Color me stunned.
As an Optimum Online subscriber, I’m supposed to get free online access to Newsday, one of the largest newspapers in New York. So I went to sign up on Newsday’s site. And that’s when my eyes popped out of my head.
Not only does Newsday’s sign-up form ask you for your Optimum ID (username), full name, and address, but they require you to provide the password to your Optimum account.
Not believing my eyes, I called their help number and asked why they didn’t just take the ID and send a confirming e-mail to the user’s account, but was told that no, I had to provide the password to my account.
I told the representative, who I won’t name as this is not her fault, that that was the stupidest thing I’ve heard all day and is really poor from a security standpoint.
She put me on hold and eventually came back to tell me that I did have to provide the password but it’s “encrypted.”
I asked to speak to Newsday’s Chief Security Officer and was told they have none. Gee, what a surprise.
I asked to speak to Newsday’s Chief Privacy Officer and was told they didn’t have one of those, either.
So I called Optimum Online and asked to speak to their online security office. I posed my question to them and they told me I’d have to take it up with Newsday. Of course, they (Cablevision) own Newsday, so you’d foolishly think they might have some influence or be concerned about passwords being needlessly entered in a subsidiary’s web site, but no, they said I had to take it up with Newsday.
Obviously, I didn’t sign up for digital Newsday today.

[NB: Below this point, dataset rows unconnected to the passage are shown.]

//! Answers as objects.
ghost use Rattle.std.specs.Prelude.{◌≡◌, OnOk, string_bytes};
ghost use Rattle.abt_entry.specs.ObjectMembers.{Adds};
ghost use Rattle.abt_text.specs.Text.{◌⋅◌};
ghost use Rattle.abt_step.specs.AnswerObjects as spec;

use crate::asked::AskedFault;
use crate::net_state::NetState;
use crate::possible::Possible;
use crate::possible_members::push_possible_members;
use crate::reason_numbers::push_why;
use crate::shown::Shown;
use crate::state_members::push_state_members;
use abt_entry::push_text;
use abt_json::{begin_kind, end_line, push_explained};
use abt_model::{Event, Outcome};
use abt_reason::Grounds;
use json::Writer;
use std::alloc::{AllocError, Global};

// Adds the object of an event, with what is shown behind it.
pub(crate) fn push_event_object(
    alloc: Global,
    text: &mut String,
    number: u64,
    event: &Event,
    grounds: &Grounds,
    outcome: &Outcome,
    shown: &Shown,
) -> Result<(), AllocError>
    ensures { OnOk result (string_bytes text.new ≡ string_bytes text.old
        ⋅ spec.event_object number event.now grounds.now outcome.now shown.now) }
{
    let mut object = begin_kind(alloc, "event")?;
    push_event_members(alloc, &mut object, number, event, grounds, outcome)?;
    push_shown(alloc, &mut object, shown)?;
    end_line(object, text)
}

fn push_event_members(
    alloc: Global,
    object: &mut Writer,
    number: u64,
    event: &Event,
    grounds: &Grounds,
    outcome: &Outcome,
) -> Result<(), AllocError>
    ensures { OnOk result (Adds (spec.event_members number event.now grounds.now outcome.now)
        object.old object.new) }
{
    push_explained(alloc, object, number, None, event, grounds, outcome)?;
    push_why(object, &grounds.numbers, outcome)
}

// Adds the members of what is shown behind an answer.
fn push_shown(alloc: Global, object: &mut Writer, shown: &Shown) -> Result<(), AllocError>
    ensures { OnOk result (Adds (spec.shown_members shown.now) object.old object.new) }
{
    push_state_shown(alloc, object, &shown.state)?;
    push_possible_shown(alloc, object, &shown.possible)
}

fn push_state_shown(
    alloc: Global,
    object: &mut Writer,
    state: &Option<NetState>,
) -> Result<(), AllocError>
    ensures { OnOk result (Adds (spec.state_shown state.now) object.old object.new) }
{
    match state {
        Some(state) => push_state_members(alloc, object, state),
        None => Ok(()),
    }
}

fn push_possible_shown(
    alloc: Global,
    object: &mut Writer,
    possible: &Option<Possible>,
) -> Result<(), AllocError>
    ensures { OnOk result (Adds (spec.possible_shown possible.now) object.old object.new) }
{
    match possible {
        Some(possible) => push_possible_members(alloc, object, possible),
        None => Ok(()),
    }
}

// Adds the object of a new beginning, with what is shown behind it.
pub(crate) fn push_reset_object(
    alloc: Global,
    text: &mut String,
    shown: &Shown,
) -> Result<(), AllocError>
    ensures { OnOk result
        (string_bytes text.new ≡ string_bytes text.old ⋅ spec.reset_object shown.now) }
{
    let mut object = begin_kind(alloc, "reset")?;
    push_shown(alloc, &mut object, shown)?;
    end_line(object, text)
}

// Adds the object of what can happen next.
pub(crate) fn push_possible_object(
    alloc: Global,
    text: &mut String,
    possible: &Possible,
) -> Result<(), AllocError>
    ensures { OnOk result
        (string_bytes text.new ≡ string_bytes text.old ⋅ spec.possible_object possible.now) }
{
    let mut object = begin_kind(alloc, "possible")?;
    push_possible_members(alloc, &mut object, possible)?;
    end_line(object, text)
}

// Adds the object of a state.
pub(crate) fn push_state_object(
    alloc: Global,
    text: &mut String,
    state: &NetState,
) -> Result<(), AllocError>
    ensures { OnOk result (string_bytes text.new ≡ string_bytes text.old ⋅ spec.state_object state.now) }
{
    let mut object = begin_kind(alloc, "state")?;
    push_state_members(alloc, &mut object, state)?;
    end_line(object, text)
}

// Adds the object of a state, and that all is safe.
pub(crate) fn push_report_object(
    alloc: Global,
    text: &mut String,
    state: &NetState,
) -> Result<(), AllocError>
    ensures { OnOk result (string_bytes text.new ≡ string_bytes text.old ⋅ spec.report_object state.now) }
{
    let mut object = begin_kind(alloc, "report")?;
    push_state_members(alloc, &mut object, state)?;
    push_safe(&mut object, true)?;
    end_line(object, text)
}

// Adds whether all is safe.
fn push_safe(object: &mut Writer, is_safe: bool) -> Result<(), AllocError>
    ensures { OnOk result (Adds (spec.safe_member is_safe) object.old object.new) }
{
    object.key("safe")?;
    object.boolean(is_safe)
}

// Adds the object that answers a line with a fault.
pub(crate) fn push_fault_object(
    alloc: Global,
    text: &mut String,
    fault: AskedFault,
) -> Result<(), AllocError>
    ensures { OnOk result (string_bytes text.new ≡ string_bytes text.old ⋅ spec.fault_object fault) }
{
    let mut object = begin_kind(alloc, "fault")?;
    push_text(&mut object, "fault", fault.name())?;
    end_line(object, text)
}

// Adds the object of the end.
pub(crate) fn push_end_object(
    alloc: Global,
    text: &mut String,
    is_safe: bool,
) -> Result<(), AllocError>
    ensures { OnOk result (string_bytes text.new ≡ string_bytes text.old ⋅ spec.end_object is_safe) }
{
    let mut object = begin_kind(alloc, "end")?;
    push_safe(&mut object, is_safe)?;
    end_line(object, text)
}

Shame on them and Cablevision for even requiring the major account password to access the site. What is Cablevision going to do if Newsday gets hacked? Email hundreds of thousands of customers and tell them to change their Optimum Online passwords? And what are they going to do if Newsday is hacked and the hackers decide to decrypt passwords, login to Optimum Online accounts and listen to people’s voicemail or look at their payment arrangements?
Such an unecessary and foolish risk.